Sir, some of these things having been done in former Parliaments so contrary to what is now done, & so many things now done, which were never attempted in (and if they had been thought of would have been condemned by) those former Parliaments; you must pardon me if I thinke that charge of Apostacy (which under other mens [Page 6] names you your selfe lay upon me) to be very injurious, and I appeal to any man that shall consider and examine my Action and these particulars, whether I left the Houses till they left the Law, and whether to quit the place and retaine the principles, or to quit the principles, and be only constant to the place, be the greater and the truer Apostacy.
The next Objection you make is this, That whereas Wee here pretend to stand for Law, yet it is only for such a Law, of which we Our selves will only be Iudges, refusing to stand to the Iudgement of the supream Iudicatory of the Kingdome, both Houses of Parliament. And truly Sir, if this objection were made by a stranger only made acquainted with the generall Scheme of the Constitution of the Kingdom, & neither with the particular Lawes, nor the particular Occurrences, I should not wōder; but from one who hath been a constant Member of the Parliament, I wonder to receive it. First, Sir, I appeal to you, whether you doe not beleeve, that suppose, (which were hardly possible to be supposed) that both Houses (in the fullest and freest condition of Parliament that is imaginable) should declare, that by the Law of the Land, The Kings Crowne and the Subjects Property and Liberty were to be dispos'd of by them, and should take up Armes to make this good for Law, and declare that by Law all the Subjects of the Land were obliged to assist their Armes thus taken up; Suppose this, I say; Doe you not beleeve, that their being the Supream Iudicatory could not satisfie Our consciences (who have taken the Oathes of Allegiance and Supremacy) in a Iudgement as contrary to those Oathes and the knowne Law, as it is knowne that by the Law both Houses have Power to judge in any other Cases, or that there are at all two Houses of Parliament? And sure this is now (as to what is done, though not as to their condition who doe it) either the Case, or very neere it.
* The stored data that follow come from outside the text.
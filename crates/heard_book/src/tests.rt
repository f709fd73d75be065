//! What the contracts don't say: that calls succeed, on numbers worked out by hand.
use super::*;
use craft_base::{Held, Known, MemberId, Shape};
use std::test::Fail;

#[test]
fn what_was_heard_tells_of_the_others(rt: HostRuntime) -> Result<(), Fail> {
    let shape = Shape::new(1, 2)?;
    let one = MemberId::new(&shape, 1).ok_or("member 1")?;
    let two = MemberId::new(&shape, 2).ok_or("member 2")?;
    let mut heard = Heard::new(rt.alloc(), &shape, MemberId::default())?;
    heard.vote(one, true);
    heard.vote(one, true);
    heard.vote(one, false);
    heard.vote(two, false);
    assert_eq!(rt; heard.votes(), 2);
    heard.lead(4, 1);
    assert_eq!(rt; (heard.next_of(two), heard.settled()), (4, 1));
    for next in [3, 2, 3] {
        heard.refused(two, next, 3);
    }
    // a log of no entries goes on from 1 alone
    heard.refused(one, 2, 0);
    assert_eq!(rt; (heard.next_of(one), heard.next_of(two)), (4, 2));
    assert_eq!(rt; heard.fresh_count(), 2);
    heard.beat();
    let mut heard = heard.matched(one, 1, 2, 2, 3)?;
    heard.beat();
    // it says more than the log has
    let mut heard = heard.matched(one, 2, 2, 3, 3)?;
    heard.refused(one, 1, 3);
    assert_eq!(rt; (heard.match_of(one), heard.next_of(one)), (3, 4));
    assert_eq!(rt; (heard.match_of(two), heard.next_of(two)), (0, 2));
    assert_eq!(rt; heard.fresh_count(), 1);
    heard.settle(0);
    heard.answered(two);
    assert_eq!(rt; (heard.fresh_count(), heard.settled()), (2, 1));
    Ok(())
}

#[test]
fn forms_are_told_above_the_settled_index(rt: HostRuntime) -> Result<(), Fail> {
    let shape = Shape::new(1, 2)?;
    let one = MemberId::new(&shape, 1).ok_or("member 1")?;
    let two = MemberId::new(&shape, 2).ok_or("member 2")?;
    let heard = Heard::new(rt.alloc(), &shape, MemberId::default())?;
    // the entries 2 and 4 whole, then 4 of the other
    let heard = heard.matched(one, 1, 3, 5, 5)?;
    let mut heard = heard.matched(two, 3, 1, 1, 5)?;
    heard.settle(2);
    for (member, index, want) in [
        (one, 3, Held::Part),
        (one, 4, Held::Whole),
        (one, 5, Held::Nothing),
        (two, 3, Held::Part),
        (two, 4, Held::Whole),
    ] {
        assert_eq!(rt; heard.form_at(member, index), want, "at {index}");
    }
    Ok(())
}
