//! Writing for good: what was written is synced before anything else is done.
ghost use Rattle.std.specs.Prelude.{◌≡◌, ◌≤◌, ◌+◌, [], ◌∷◌, length, option_map, OnOk, OnErr, is_some};
ghost use Rattle.craft_edge.specs.Causes.{Rose};
ghost use Rattle.craft_edge.specs.Disk.{max_len, WhereTold, OnlySeen, written};
ghost use Rattle.craft_edge.specs.DiskCalls.{WriteAt, Sync};
ghost use Rattle.synced_log.specs.Calls.{Makes};
ghost use Rattle.synced_log.specs.Crashes.{LeavesOnly, TornFrom};

use craft_edge::{Disk, Failed};

/// Writes the bytes at the offset and makes them last.
pub fn write_steadily<D: Disk>(disk: &mut D, at: u64, bytes: &[u8]) -> Result<(), Failed>
    ensures seen { OnOk result (D.seen disk.new ≡ option_map (λ file. written file at bytes.now) (D.seen disk.old)) }
    ensures told { is_some (D.seen disk.new) ≡ is_some (D.seen disk.old) }
    ensures durable { OnOk result (WhereTold (D.tells_crash disk.old) (OnlySeen (D.seen disk.new) (D.may_leave disk.new))) }
    ensures limit { OnOk result (at + length bytes.now ≤ max_len) }

    // Until the end a crash leaves what it might have left before, torn in the written range.
    ensures crash { LeavesOnly D.tells_crash D.tells_past D.moment D.may_leave D.left_since disk.old disk.new (TornFrom (D.may_leave disk.old) at bytes.now) }

    ensures history { Makes (D.history disk.old) (D.history disk.new) (WriteAt at bytes.now ∷ Sync ∷ []) result }
    ensures later { D.faults disk.old ≤ D.faults disk.new }
    ensures cause { OnErr result (Rose (D.faults disk.old) (D.faults disk.new)) }
{
    disk.write_at(at, bytes)?;
    disk.sync()
}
Indeed, Sir, till the Parliament was made perpetuall, such a Case was absolutely unimaginable, for being a dissoluble Body, kept them from invading the known Rights either of King or Subjects, of neither of which they need now to have the same apprehension, having strengthned themselves by a Bill against the one, and by an Army against the other.
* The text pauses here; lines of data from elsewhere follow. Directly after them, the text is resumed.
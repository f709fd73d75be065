//! Why a file wasn't opened.
ghost use Rattle.std.specs.Prelude.{◌≡◌, Some};
ghost use Rattle.synced_log.specs.Faults.{fault_text};

use crate::owner::Owner;
use craft_edge::Failed;
use std::alloc::AllocError;
use std::error::Error;
use std::fmt;

/// Why a journal wasn't opened.
#[derive(Clone, Copy, Debug, PartialEq, Eq)]
pub enum OpenFault {
    /// A call of the disk failed.
    DiskFault,
    /// The file is no journal, and this is the offset of the gate at which that shows, or 0 for the header.
    BadJournal(u64),
    /// The journal is another member's.
    WrongOwner { found: Owner, wanted: Owner },
    /// No memory was left.
    OutOfMemory,
}

impl fmt::Display for OpenFault {
    ghost output = { λ fault. Some (fault_text fault) };

    fn fmt<W: fmt::Write>(&self, f: &mut fmt::Formatter<W>) -> fmt::Result {
        match self {
            OpenFault::DiskFault => write!(f, "the disk failed"),
            OpenFault::BadJournal(offset) => write!(f, "bad journal at byte {offset}"),
            OpenFault::WrongOwner { found, wanted } => {
                write!(f, "wrong owner {found}, wanted {wanted}")
            }
            OpenFault::OutOfMemory => write!(f, "out of memory"),
        }
    }
}

impl Error for OpenFault {}

impl From<Failed> for OpenFault {
    ghost use Rattle.synced_log.specs.declared.fault.OpenFault.TheVariants.{DiskFault};

    ghost from_gives = { λ _ e. e ≡ DiskFault };

    fn from(_: Failed) -> Self {
        OpenFault::DiskFault
    }
}

impl From<AllocError> for OpenFault {
    ghost use Rattle.synced_log.specs.declared.fault.OpenFault.TheVariants.{OutOfMemory};

    ghost from_gives = { λ _ e. e ≡ OutOfMemory };

    fn from(_: AllocError) -> Self {
        OpenFault::OutOfMemory
    }
}

impl From<craft_base::OutOfMemory> for OpenFault {
    ghost use Rattle.synced_log.specs.declared.fault.OpenFault.TheVariants.{OutOfMemory};

    ghost from_gives = { λ _ e. e ≡ OutOfMemory };

    fn from(_: craft_base::OutOfMemory) -> Self {
        OpenFault::OutOfMemory
    }
}
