//! The groups of a file, one behind the other.
ghost use Rattle.std.specs.Prelude.{◌≤◌, length, IfOk};
ghost use Rattle.synced_log.specs.Walks.{WalksWhole};

use crate::header::HEADER;
use crate::outline::Outline;
use crate::records::apply_group;
use crate::span::{GroupSpan, TO_BODY};
use craft_base::{OutOfMemory, Shape};
use std::alloc::Global;

/// A gate that is open.
pub const OPEN: u8 = 1;

/// How the groups of a file end, and at which offset.
#[derive(Clone, Copy, Debug, PartialEq, Eq)]
pub enum Ended {
    /// At a gate that isn't open.
    Closed(u64),
    /// At the first fault.
    Faulty(u64),
}

/// The spans of a file's groups behind its header, and how they end. Each record is tested before it is applied. The only
/// error is want of memory.
pub fn walk(
    alloc: Global,
    shape: &Shape,
    file: &[u8],
) -> Result<(Vec<GroupSpan>, Ended), OutOfMemory>
    requires { 32 ≤ length file.now }
    ensures { IfOk result (λ x. WalksWhole shape.now file.now x.0.items x.1) }
{
    let mut outline = Outline::new(alloc);
    let mut spans = Vec::new(alloc);
    let mut at = HEADER;
    while at < file.len() {
        if file[at] != OPEN {
            return Ok((spans, Ended::Closed(at as u64)));
        }
        let Some(len) = apply_group(shape, &mut outline, &file[at + 1..])? else {
            return Ok((spans, Ended::Faulty(at as u64)));
        };
        spans.push(GroupSpan {
            gate: at as u64,
            len,
        })?;
        at += TO_BODY + len;
    }
    Ok((spans, Ended::Faulty(at as u64)))
}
But, Sir, I cannot allow you so much, The Houses now are neither full nor free; Really the Major part of the Commons, and [Page 7] evidently the Major part of the Lords, doe not, cannot, dare not come to you. How much you were wont to mislike Tumults, appeares to me by your former bitternesse against them, when they came downe to presse even those things, for the passing of which you had been very earnest in the House, and you may remember you apprehended them so much, that I had much adoe, during the time they lasted, to perswade you to venture your selfe any neerer to Westminster, then your Chamber in Fleet-street, and that you answered me, when I told you that you needed not feare, for those People tooke you for their Friend, that a Brickbat was an ill distinguisher of friends, and that you saw enough of those Gentlemen out of your Window as they past along the streets, to make you not desire to keep them company without a Wall between you. Sir, if a few within, shall have power to draw a multitude from without, to awe the rest, and make them either retire, or judge as they please, and then judge so (as in the point of the Militia, Hull, and taking up of Armes) as with safety of Conscience no man can rest in their Iudgements, nor with safety of Purse and Liberty oppose them, and shall keep themselves still by this meanes the Major part to judge on as they have begun, and yet may still retaine the Authority of the Supream Iudicatory, then really, Sir, it must of necessity follow, That the Subjects will still be in the power of the seditious & factious, and it is not the men but the Walls that make the two Houses of Parliament. No, Sir, it is you, who refuse to secure the Parliament from Tumults where it is, or to remove it thither where it may be secure, that refuse to have it tryed what is Law by the Supream Iudicatory of the Kingdome, all you say now is but the same, as if the Lord Chief Iustice of the Kings Bench, out of Parliament time, should by force drive away his Brethren of the same Bench, and then Iudge there, that none of those other Iudges were more then His meer Assistants in that Court, & then find fault with them for not submitting to that Iudgement as made and delivered by the highest Court of Iustice.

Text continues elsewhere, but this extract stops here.